A few former greats — no enemies of Indian cricket — have worried about IPL’s impact. They include Ian Botham and Arjuna Ranatunga. In India, some of the greatest of our greats, have not just refrained from criticism but vociferously defended IPL on countless television programmes. The co-opting power of the BCCI-IPL money machine is wondrous. Now and then, a little conflict-of-interest blip appears. Like commentators being paid crores by the BCCI — who are then unlikely to criticise its golden child. It is equally unlikely that media fed with crores of ad revenue will speak up either. Any other institution seeing half the scams and conflict of interest that the BCCI-IPL has, would long ago have drawn sharp media scrutiny. But whatever emerges does so when the IT or ED departments get active, not the media. There are also too many journalists co-opted into the IPL network, unable to look at it critically.

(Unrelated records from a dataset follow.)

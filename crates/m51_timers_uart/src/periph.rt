//! The devices, and one machine cycle of them.
ghost use Rattle.std.specs.Prelude.{◌≡◌, ◌++◌, ◌↔◌, ◌&&◌, [], IsTrue, length, nat_le};
ghost use Rattle.m51_flat.specs.declared.state.Pins.{Pins as PinLevels};
ghost use Rattle.m51_timers_uart.specs.OnlyCounting.{AreCounting, OnlyCount, line_waits, low0_after};
ghost use Rattle.m51_timers_uart.specs.OnlyCounting.{low1_after, low2_after};
ghost use Rattle.m51_timers_uart.specs.Resting.{AreResting};
ghost use Rattle.m51_timers_uart.specs.Sending.{begun};
ghost use Rattle.m51_timers_uart.specs.Tick.{clocks_rest, clocks_ticked, reset_periph, ticked};

use crate::external::{externals_rest, none_asks, tick_externals};
use crate::levels::{Levels, read_levels};
use crate::only_counting::{
    all_fit, count_clocks, is_timer0_plain, is_timer1_plain, is_timer2_plain, waits,
};
use crate::receiving::{Frame, receive_both};
use crate::sending::{start, tick_sending};
use crate::timer2::{tick_timer2, timer2_rests};
use crate::timers::{tick_timers, timers_rest};
use m51_flat::{Cpu, Pins};

/// A byte that went out on the serial line.
///
/// Source: family manual.
#[derive(Clone, Copy, Debug, PartialEq, Eq)]
pub struct Sent {
    /// The eight data bits.
    pub byte: u8,
    /// The ninth data bit, in modes 2 and 3.
    pub ninth: Option<bool>,
}

/// What the devices keep besides the registers.
///
/// Source: family manual; own choice ("Bit times").
#[derive(Clone, Copy, Debug, PartialEq, Eq)]
pub struct Periph {
    /// The levels of ports 0 to 3 at the last tick.
    pub levels: [u8; 4],
    /// The bit times of the byte that is sent, 0 to 10; 0 where none is.
    pub left: u8,
    /// The serial mode that the byte began with, 0 to 3.
    pub mode: u8,
    /// The byte that is sent.
    pub byte: u8,
    /// Its ninth bit, in modes 2 and 3.
    pub ninth: Option<bool>,
    /// What has passed of a bit time: oscillator periods in mode 2, overflows of a timer in modes 1 and 3.
    pub count: u8,
}

/// No timer runs, and no byte is on its way.
#[tactic(auto, unfolding(crate::specs::Tick::clocks_rest))]
#[inline(always)]
fn clocks_rest(periph: &Periph, cpu: &Cpu) -> bool
    ensures { result ≡ clocks_rest cpu.now periph.now }
{
    let timers = timers_rest(cpu);
    let timer2 = timer2_rests(cpu);
    timers && timer2 && periph.left == 0
}

/// Timers 0 and 1, timer 2, and sending at the rate that they give.
#[tactic(auto, using(crate::proofs::Resting::clocks_stay))]
fn tick_clocks(periph: &mut Periph, cpu: &mut Cpu, levels: &Levels) -> Option<Sent>
    ensures { record { cpu = cpu.new; periph = periph.new; sent = result }
        ≡ clocks_ticked levels.now cpu.old periph.old }
{
    if clocks_rest(periph, cpu) {
        return None;
    }
    let timer1 = tick_timers(cpu, levels);
    let timer2 = tick_timer2(cpu, levels);
    tick_sending(periph, cpu, timer1, timer2)
}

/// All levels are those of the last tick.
#[inline(always)]
fn levels_stay(levels: &Levels) -> bool
    ensures { IsTrue result ↔ levels.now.present ≡ levels.now.before }
{
    levels.present == levels.before
}

/// In this number of cycles no timer that runs reaches the end of its low byte, and no byte moves on its way.
#[inline(always)]
fn last_for(periph: &Periph, cpu: &Cpu, count: u8) -> bool
    ensures { result ≡ (nat_le (low0_after count cpu.now) 255 && nat_le (low1_after count cpu.now) 255
        && nat_le (low2_after count cpu.now) 255 && line_waits cpu.now periph.now) }
{
    let fit = all_fit(count, cpu);
    fit && waits(periph, cpu)
}

/// Each timer that runs counts each cycle, no level is another than at the last tick, and no external interrupt asks.
#[inline(always)]
fn counts(periph: &Periph, cpu: &Cpu, ext: &Pins) -> bool
    ensures { IsTrue result ↔ AreCounting cpu.now ext.now periph.now }
{
    let levels = Levels {
        before: periph.levels,
        present: read_levels(cpu, ext),
    };
    is_timer0_plain(cpu)
        && is_timer1_plain(cpu)
        && is_timer2_plain(cpu)
        && levels_stay(&levels)
        && none_asks(cpu, &levels)
}

impl Periph {
    /// The devices after a reset, when all latches are 1: the levels are those outside, and nothing is sent.
    ///
    /// Source: family manual.
    pub fn reset(ext: &Pins) -> Periph
        ensures { result ≡ reset_periph ext.now }
    {
        Periph {
            levels: ext.p,
            left: 0,
            mode: 0,
            byte: 0,
            ninth: None,
            count: 0,
        }
    }

    /// A write to SBUF: the byte begins in the mode of SCON, in modes 2 and 3 with TB8, and one that is not finished is
    /// lost.
    ///
    /// Source: family manual.
    pub fn begin(&mut self, cpu: &Cpu, byte: u8)
        ensures { self.new ≡ begun cpu.now byte self.old }
    {
        start(self, cpu, byte);
    }

    /// The devices rest if these are the levels outside: no timer runs, no byte is on its way, no level is another than
    /// at the last tick, and the external requests are as they are to be. Then a machine cycle in which no frame
    /// arrives changes nothing.
    ///
    /// Source: own choice ("Cycles in which nothing happens").
    #[inline(always)]
    pub fn rests(&self, cpu: &Cpu, ext: &Pins) -> bool
        ensures { IsTrue result ↔ AreResting cpu.now ext.now self.now }
    {
        let levels = Levels {
            before: self.levels,
            present: read_levels(cpu, ext),
        };
        clocks_rest(self, cpu) && levels_stay(&levels) && externals_rest(cpu, &levels)
    }

    /// The devices count if these are the levels outside: each timer that runs counts each cycle, no level is another
    /// than at the last tick, the pins of the external interrupts are 1, and no request of them is kept.
    ///
    /// Source: own choice ("Cycles in which nothing happens").
    #[inline(always)]
    pub fn counts(&self, cpu: &Cpu, ext: &Pins) -> bool
        ensures { IsTrue result ↔ AreCounting cpu.now ext.now self.now }
    {
        counts(self, cpu, ext)
    }

    /// Where the devices count, they only count in this number of machine cycles in which no frame arrives: no timer
    /// reaches the end of its low byte, and no byte moves on its way.
    ///
    /// Source: own choice ("Cycles in which nothing happens").
    #[inline(always)]
    pub fn only_counts(&self, cpu: &Cpu, count: u8) -> bool
        ensures { (ext : PinLevels) → AreCounting cpu.now ext self.now
            → (IsTrue result ↔ OnlyCount count cpu.now ext self.now) }
    {
        last_for(self, cpu, count)
    }

    /// One machine cycle in which no frame arrives, where the devices count with these levels outside, as `tick` passes
    /// it; they count after it too. It answers the byte that was sent.
    ///
    /// Source: own choice ("Cycles in which nothing happens").
    #[tactic(auto, using(crate::proofs::CountsOn::counting_tick))]
    #[inline(always)]
    pub fn count_cycle(&mut self, cpu: &mut Cpu, ext: &Pins) -> Option<Sent>
        requires registers { length cpu.old.regs ≡ 128 }
        requires counting { AreCounting cpu.old ext.now self.old }
        ensures tick { record { cpu = cpu.new; periph = self.new; sent = result } ≡ ticked cpu.old ext.now [] self.old }
        ensures counting { AreCounting cpu.new ext.now self.new }
    {
        let same = self.levels;
        let levels = Levels {
            before: same,
            present: same,
        };
        let sent = count_clocks(self, cpu, &levels);
        self.levels = same;
        sent
    }

    /// One machine cycle: timers 0 and 1, timer 2, sending, receiving, the external interrupts. `ext` are the levels
    /// outside and `frames`, followed by `more`, the frames of the cycle that the tick ends at. It answers the byte
    /// that was sent.
    ///
    /// Source: family manual; own choice ("Devices").
    #[tactic(auto, unfolding(crate::specs::Tick::ticked))]
    #[inline(always)]
    pub fn tick(
        &mut self,
        cpu: &mut Cpu,
        ext: &Pins,
        frames: &[Frame],
        more: &[Frame],
    ) -> Option<Sent>
        ensures { record { cpu = cpu.new; periph = self.new; sent = result }
            ≡ ticked cpu.old ext.now (frames.now ++ more.now) self.old }
    {
        let levels = Levels {
            before: self.levels,
            present: read_levels(cpu, ext),
        };
        let sent = tick_clocks(self, cpu, &levels);
        receive_both(cpu, frames, more);
        tick_externals(cpu, &levels);
        self.levels = levels.present;
        sent
    }
}
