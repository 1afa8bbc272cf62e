//! Timer 2.
ghost use Rattle.std.specs.Prelude.{◌≡◌, ◌≤◌, ◌+◌};
ghost use Rattle.m51_alu.specs.Arithmetic.{bit_of};
ghost use Rattle.m51_timers_uart.specs.declared.counting.TimerMode.TheVariants.{SixteenBits};
ghost use Rattle.m51_timers_uart.specs.Counting.{counter_value};
ghost use Rattle.m51_timers_uart.specs.Timer2.{captured, counted_times, exchanged2, gives_rate, once_more, reload2};
ghost use Rattle.m51_timers_uart.specs.Timer2.{reloaded, t2ex_heeded, timer2_rests, timer2_ticked, times2};

use crate::counting::{TimerBytes, count_sixteen};
use crate::levels::{Input, Levels};
use crate::timers::{read_bytes, write_bytes};
use m51_flat::Cpu;
use m51_sfr::addresses::{RCAP2H, RCAP2L, T2CON, TH2, TL2};
use m51_sfr::bits::{CPRL2, CT2, EXEN2, EXF2, RCLK, TCLK, TF2, TR2};

/// Timer 2 gives the rate of the serial line.
#[tactic(auto, unfolding(crate::specs::Timer2::gives_rate))]
pub(crate) fn rates(cpu: &Cpu) -> bool
    ensures { result ≡ gives_rate cpu.now }
{
    let receives = cpu.flag(T2CON, RCLK);
    let sends = cpu.flag(T2CON, TCLK);
    receives || sends
}

/// What the number continues from after an overflow.
#[tactic(auto, unfolding(crate::specs::Timer2::reload2))]
fn reload(cpu: &Cpu) -> TimerBytes
    ensures { counter_value SixteenBits result ≡ reload2 cpu.now }
{
    let rates = rates(cpu);
    let captures = cpu.flag(T2CON, CPRL2);
    if rates || !captures {
        read_bytes(cpu, RCAP2H, RCAP2L)
    } else {
        TimerBytes { high: 0, low: 0 }
    }
}

/// One count: whether it was an overflow, which sets TF2 but where timer 2 gives the rate.
#[tactic(auto, unfolding(crate::specs::Timer2::once_more))]
fn count_once(cpu: &mut Cpu, overflows: u8) -> u8
    requires { overflows ≤ 5 }
    ensures value { record { cpu = cpu.new; overflows = result }
        ≡ once_more (record { cpu = cpu.old; overflows = overflows }) }
    ensures most { result ≤ overflows + 1 }
{
    let shown = !rates(cpu);
    let counted = count_sixteen(read_bytes(cpu, TH2, TL2), reload(cpu));
    write_bytes(cpu, TH2, TL2, counted.bytes);
    if counted.overflow && shown {
        cpu.set_flag(T2CON, TF2, true);
    }
    overflows + u8::from(counted.overflow)
}

/// How often timer 2 counts in this cycle.
#[tactic(auto, unfolding(crate::specs::Timer2::times2))]
fn times(levels: &Levels, cpu: &Cpu) -> u8
    ensures value { result ≡ times2 levels.now cpu.now }
    ensures most { result ≤ 6 }
{
    if !cpu.flag(T2CON, TR2) {
        return 0;
    }
    if cpu.flag(T2CON, CT2) {
        return u8::from(levels.falls(Input::T2));
    }
    if rates(cpu) { 6 } else { 1 }
}

/// Counts this number of times, and answers how many of the counts were overflows.
fn count_times(cpu: &mut Cpu, times: u8) -> u8
    requires { times ≤ 6 }
    ensures value { record { cpu = cpu.new; overflows = result } ≡ counted_times times cpu.old }
    ensures most { result ≤ 6 }
{
    let mut overflows = 0;
    for _ in 0..times {
        overflows = count_once(cpu, overflows);
    }
    overflows
}

/// Timer 2 is captured into RCAP2.
fn capture(cpu: &mut Cpu)
    ensures { cpu.new ≡ captured cpu.old }
{
    let bytes = read_bytes(cpu, TH2, TL2);
    write_bytes(cpu, RCAP2H, RCAP2L, bytes);
}

/// Timer 2 is reloaded from RCAP2.
fn restore(cpu: &mut Cpu)
    ensures { cpu.new ≡ reloaded cpu.old }
{
    let bytes = read_bytes(cpu, RCAP2H, RCAP2L);
    write_bytes(cpu, TH2, TL2, bytes);
}

/// Where timer 2 does not give the rate, it is captured or reloaded by CP/RL2.
#[tactic(auto, unfolding(crate::specs::Timer2::exchanged2))]
fn exchange(cpu: &mut Cpu)
    ensures { cpu.new ≡ exchanged2 cpu.old }
{
    if rates(cpu) {
        return;
    }
    if cpu.flag(T2CON, CPRL2) {
        capture(cpu);
    } else {
        restore(cpu);
    }
}

/// A fall of T2EX with EXEN2 sets EXF2, and captures or reloads.
#[tactic(auto, unfolding(crate::specs::Timer2::t2ex_heeded))]
fn heed_t2ex(cpu: &mut Cpu, levels: &Levels)
    ensures { cpu.new ≡ t2ex_heeded levels.now cpu.old }
{
    let enabled = cpu.flag(T2CON, EXEN2);
    let fell = levels.falls(Input::T2ex);
    if enabled && fell {
        cpu.set_flag(T2CON, EXF2, true);
        exchange(cpu);
    }
}

/// TR2 and EXEN2 are 0, so timer 2 does not count, and no fall of T2EX matters.
#[tactic(auto, unfolding(crate::specs::Timer2::timer2_rests))]
pub(crate) fn timer2_rests(cpu: &Cpu) -> bool
    ensures { result ≡ timer2_rests cpu.now }
{
    let runs = cpu.flag(T2CON, TR2);
    let heeds = cpu.flag(T2CON, EXEN2);
    !runs && !heeds
}

/// Timer 2, and how many of its counts were overflows.
pub(crate) fn tick_timer2(cpu: &mut Cpu, levels: &Levels) -> u8
    ensures value { record { cpu = cpu.new; overflows = result } ≡ timer2_ticked levels.now cpu.old }
    ensures most { result ≤ 6 }
{
    let times = times(levels, cpu);
    let overflows = count_times(cpu, times);
    heed_t2ex(cpu, levels);
    overflows
}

And there is no way serving players will criticise it (or anything the BCCI does if they value their careers). Not while it’s positioned as the Kamadhenu of Cricket. That status was and is a choice the BCCI has consciously made. It controls the game in the country. With its money power, it lords over it at the global level too, in a manner that earns us the mistrust of other nations. It isn’t just that BCCI chooses to privilege one format of the game over another. There could be, as some argue, a place for all three. BCCI chose to privilege the private over the public. We pay the price.

Here’s the problem: when the shouting is done and the players heads have rolled, things won’t get better. The system and gene pool of Indian cricket have been, are being radically altered for the worse. We need to think about how to revive the domestic game, rescue cricket from the billionaires club and restore it to the public domain.